--- START ---
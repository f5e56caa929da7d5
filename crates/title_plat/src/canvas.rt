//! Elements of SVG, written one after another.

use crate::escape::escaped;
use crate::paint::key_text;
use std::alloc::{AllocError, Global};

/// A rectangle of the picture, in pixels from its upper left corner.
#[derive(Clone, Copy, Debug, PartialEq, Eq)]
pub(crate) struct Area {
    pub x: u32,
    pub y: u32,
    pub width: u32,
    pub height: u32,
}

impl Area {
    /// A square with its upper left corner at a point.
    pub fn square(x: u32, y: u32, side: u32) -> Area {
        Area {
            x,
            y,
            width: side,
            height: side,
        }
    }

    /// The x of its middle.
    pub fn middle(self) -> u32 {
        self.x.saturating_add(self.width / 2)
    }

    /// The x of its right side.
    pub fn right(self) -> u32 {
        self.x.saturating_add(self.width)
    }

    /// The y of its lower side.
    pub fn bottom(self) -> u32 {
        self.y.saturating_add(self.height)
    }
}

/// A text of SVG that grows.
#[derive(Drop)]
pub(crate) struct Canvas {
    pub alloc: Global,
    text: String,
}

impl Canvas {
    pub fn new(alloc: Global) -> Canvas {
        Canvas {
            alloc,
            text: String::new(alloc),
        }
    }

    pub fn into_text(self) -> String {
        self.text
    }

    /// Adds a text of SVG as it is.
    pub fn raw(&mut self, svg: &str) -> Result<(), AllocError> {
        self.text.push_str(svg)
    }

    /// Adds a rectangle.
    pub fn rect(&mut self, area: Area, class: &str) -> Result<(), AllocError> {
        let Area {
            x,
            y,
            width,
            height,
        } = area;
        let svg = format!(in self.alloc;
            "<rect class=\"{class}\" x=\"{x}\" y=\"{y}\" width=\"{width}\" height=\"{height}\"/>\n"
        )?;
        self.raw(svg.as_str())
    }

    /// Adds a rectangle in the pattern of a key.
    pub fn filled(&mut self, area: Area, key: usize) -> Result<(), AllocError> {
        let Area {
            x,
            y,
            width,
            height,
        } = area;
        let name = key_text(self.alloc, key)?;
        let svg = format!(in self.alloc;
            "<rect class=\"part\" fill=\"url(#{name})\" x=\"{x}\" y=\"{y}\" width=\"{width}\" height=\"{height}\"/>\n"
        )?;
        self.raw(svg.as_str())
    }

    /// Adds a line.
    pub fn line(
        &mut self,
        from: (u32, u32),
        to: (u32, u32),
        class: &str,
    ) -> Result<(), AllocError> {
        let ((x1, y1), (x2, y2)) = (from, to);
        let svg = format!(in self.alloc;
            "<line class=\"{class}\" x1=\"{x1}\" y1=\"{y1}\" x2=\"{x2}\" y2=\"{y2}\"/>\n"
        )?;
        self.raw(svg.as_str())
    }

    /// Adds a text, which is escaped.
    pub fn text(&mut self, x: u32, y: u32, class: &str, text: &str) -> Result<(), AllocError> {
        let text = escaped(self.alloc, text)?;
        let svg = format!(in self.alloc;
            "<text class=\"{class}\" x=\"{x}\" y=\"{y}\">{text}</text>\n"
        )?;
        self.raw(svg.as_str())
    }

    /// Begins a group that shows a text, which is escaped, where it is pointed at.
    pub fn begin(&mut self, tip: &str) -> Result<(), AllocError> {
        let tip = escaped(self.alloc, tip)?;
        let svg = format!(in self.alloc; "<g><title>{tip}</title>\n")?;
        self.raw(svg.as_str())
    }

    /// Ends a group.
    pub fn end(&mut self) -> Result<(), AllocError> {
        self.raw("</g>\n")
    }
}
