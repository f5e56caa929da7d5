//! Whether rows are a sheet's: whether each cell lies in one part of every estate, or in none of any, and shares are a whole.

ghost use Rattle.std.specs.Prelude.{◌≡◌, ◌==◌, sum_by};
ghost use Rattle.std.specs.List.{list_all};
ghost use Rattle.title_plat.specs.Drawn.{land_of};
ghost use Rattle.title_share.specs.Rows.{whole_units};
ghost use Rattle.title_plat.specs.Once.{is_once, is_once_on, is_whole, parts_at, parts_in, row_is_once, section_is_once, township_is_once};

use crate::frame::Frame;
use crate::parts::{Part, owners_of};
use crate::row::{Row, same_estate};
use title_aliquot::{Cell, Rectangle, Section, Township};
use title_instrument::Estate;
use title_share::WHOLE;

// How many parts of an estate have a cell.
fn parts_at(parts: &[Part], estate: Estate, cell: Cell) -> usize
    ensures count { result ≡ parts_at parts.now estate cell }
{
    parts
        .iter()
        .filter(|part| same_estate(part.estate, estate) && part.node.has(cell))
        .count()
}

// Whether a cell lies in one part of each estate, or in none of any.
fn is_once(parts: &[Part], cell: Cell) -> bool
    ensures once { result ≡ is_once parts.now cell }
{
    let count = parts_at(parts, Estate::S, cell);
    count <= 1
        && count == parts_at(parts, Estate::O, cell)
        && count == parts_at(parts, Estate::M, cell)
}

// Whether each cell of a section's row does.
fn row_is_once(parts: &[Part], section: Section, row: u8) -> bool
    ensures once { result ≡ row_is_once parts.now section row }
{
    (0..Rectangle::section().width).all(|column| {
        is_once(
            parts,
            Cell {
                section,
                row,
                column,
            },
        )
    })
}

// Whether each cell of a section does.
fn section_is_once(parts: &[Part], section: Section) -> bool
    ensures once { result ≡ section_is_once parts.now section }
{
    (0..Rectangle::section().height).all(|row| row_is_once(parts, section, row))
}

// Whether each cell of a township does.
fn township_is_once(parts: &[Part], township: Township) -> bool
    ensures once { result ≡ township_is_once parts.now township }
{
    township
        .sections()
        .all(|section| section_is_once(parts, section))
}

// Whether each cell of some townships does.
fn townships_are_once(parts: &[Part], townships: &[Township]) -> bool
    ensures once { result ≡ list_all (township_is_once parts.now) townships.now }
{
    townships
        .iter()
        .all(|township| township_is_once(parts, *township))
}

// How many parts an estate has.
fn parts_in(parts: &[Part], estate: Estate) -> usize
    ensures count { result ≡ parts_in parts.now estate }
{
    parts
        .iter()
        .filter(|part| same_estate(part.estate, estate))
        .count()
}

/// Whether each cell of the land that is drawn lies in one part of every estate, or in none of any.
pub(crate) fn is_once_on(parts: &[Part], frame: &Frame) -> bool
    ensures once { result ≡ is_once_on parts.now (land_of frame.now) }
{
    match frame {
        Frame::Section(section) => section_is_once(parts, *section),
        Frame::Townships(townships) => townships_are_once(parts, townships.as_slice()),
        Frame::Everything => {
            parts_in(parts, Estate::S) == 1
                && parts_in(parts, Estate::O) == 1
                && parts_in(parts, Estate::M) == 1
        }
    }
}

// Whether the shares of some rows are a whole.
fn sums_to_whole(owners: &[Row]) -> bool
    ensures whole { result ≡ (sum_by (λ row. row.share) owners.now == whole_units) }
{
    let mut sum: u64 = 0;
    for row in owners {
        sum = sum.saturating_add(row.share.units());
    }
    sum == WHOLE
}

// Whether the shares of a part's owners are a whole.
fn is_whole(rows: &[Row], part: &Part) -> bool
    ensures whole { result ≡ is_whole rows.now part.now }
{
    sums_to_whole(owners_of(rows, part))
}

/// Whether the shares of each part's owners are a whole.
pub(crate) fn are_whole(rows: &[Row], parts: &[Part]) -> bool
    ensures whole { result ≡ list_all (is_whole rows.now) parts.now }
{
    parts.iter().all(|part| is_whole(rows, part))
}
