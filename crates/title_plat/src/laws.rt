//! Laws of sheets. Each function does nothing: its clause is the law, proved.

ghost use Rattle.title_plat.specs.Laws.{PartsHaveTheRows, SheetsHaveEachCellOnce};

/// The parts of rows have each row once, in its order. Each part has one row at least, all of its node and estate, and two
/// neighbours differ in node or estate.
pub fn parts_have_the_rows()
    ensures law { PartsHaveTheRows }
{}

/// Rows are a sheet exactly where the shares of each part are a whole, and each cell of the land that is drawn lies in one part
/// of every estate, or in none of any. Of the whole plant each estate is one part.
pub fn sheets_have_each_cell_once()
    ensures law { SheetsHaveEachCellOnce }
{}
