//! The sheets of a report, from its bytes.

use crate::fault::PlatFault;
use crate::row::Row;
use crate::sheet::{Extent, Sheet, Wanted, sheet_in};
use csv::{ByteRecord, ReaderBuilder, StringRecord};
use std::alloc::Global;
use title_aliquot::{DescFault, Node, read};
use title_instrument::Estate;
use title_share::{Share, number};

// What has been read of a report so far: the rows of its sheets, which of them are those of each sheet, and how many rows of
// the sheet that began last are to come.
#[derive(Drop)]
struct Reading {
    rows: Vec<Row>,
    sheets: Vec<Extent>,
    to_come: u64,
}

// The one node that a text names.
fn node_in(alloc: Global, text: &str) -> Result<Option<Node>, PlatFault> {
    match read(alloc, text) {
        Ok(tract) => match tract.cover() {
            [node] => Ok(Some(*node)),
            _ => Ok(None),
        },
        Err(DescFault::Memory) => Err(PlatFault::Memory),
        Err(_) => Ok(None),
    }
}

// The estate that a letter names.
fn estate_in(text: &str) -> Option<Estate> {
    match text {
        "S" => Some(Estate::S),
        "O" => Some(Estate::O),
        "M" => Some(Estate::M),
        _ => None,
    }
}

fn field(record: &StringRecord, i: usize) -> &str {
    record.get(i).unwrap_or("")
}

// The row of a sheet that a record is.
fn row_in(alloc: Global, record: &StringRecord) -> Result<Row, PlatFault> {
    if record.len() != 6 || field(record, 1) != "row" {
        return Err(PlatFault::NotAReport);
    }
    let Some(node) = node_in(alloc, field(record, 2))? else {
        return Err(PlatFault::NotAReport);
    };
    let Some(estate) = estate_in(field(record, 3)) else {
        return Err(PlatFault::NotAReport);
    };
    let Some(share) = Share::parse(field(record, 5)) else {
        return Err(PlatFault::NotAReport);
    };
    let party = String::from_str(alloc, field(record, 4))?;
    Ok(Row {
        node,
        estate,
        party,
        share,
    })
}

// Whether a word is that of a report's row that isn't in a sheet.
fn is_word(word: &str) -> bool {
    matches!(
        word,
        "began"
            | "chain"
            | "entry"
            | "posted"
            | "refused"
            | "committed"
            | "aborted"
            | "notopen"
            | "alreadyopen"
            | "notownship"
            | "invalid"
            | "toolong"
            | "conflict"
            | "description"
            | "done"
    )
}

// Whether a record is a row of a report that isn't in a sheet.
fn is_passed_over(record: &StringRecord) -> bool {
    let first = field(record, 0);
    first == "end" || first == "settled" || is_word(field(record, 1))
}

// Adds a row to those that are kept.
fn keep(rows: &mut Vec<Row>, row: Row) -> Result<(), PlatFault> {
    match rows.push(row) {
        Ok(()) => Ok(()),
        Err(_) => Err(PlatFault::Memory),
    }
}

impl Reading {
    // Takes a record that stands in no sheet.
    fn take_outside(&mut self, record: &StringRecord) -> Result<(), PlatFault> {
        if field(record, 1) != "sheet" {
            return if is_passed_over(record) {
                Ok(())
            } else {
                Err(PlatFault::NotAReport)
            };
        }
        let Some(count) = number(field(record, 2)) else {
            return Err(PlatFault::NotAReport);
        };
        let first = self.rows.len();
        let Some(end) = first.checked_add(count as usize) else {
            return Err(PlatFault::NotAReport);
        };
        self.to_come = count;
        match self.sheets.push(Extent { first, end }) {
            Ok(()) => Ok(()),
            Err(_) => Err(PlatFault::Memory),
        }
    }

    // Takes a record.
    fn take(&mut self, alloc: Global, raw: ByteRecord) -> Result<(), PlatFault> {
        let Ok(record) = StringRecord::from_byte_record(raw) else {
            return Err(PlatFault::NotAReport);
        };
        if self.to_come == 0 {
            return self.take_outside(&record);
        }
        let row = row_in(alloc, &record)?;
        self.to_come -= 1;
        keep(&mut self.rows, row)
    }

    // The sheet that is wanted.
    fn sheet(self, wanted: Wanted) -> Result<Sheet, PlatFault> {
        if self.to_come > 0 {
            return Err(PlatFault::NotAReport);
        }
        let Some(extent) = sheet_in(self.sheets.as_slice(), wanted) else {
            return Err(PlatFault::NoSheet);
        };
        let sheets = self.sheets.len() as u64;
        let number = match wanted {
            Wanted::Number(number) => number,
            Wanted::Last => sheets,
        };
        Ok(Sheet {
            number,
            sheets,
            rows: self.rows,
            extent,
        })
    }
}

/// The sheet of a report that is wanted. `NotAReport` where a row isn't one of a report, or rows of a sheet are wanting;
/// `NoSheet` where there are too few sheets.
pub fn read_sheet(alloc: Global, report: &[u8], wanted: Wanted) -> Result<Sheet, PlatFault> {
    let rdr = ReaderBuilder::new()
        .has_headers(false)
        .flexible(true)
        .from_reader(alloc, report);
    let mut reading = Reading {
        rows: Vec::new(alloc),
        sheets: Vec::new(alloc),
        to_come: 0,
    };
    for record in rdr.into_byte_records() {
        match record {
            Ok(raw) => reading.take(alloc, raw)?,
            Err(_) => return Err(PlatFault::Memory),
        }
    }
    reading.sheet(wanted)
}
--- END ---
• What needs to be done
Report only how many lines in the records contain the word "column".

• Result for this task
2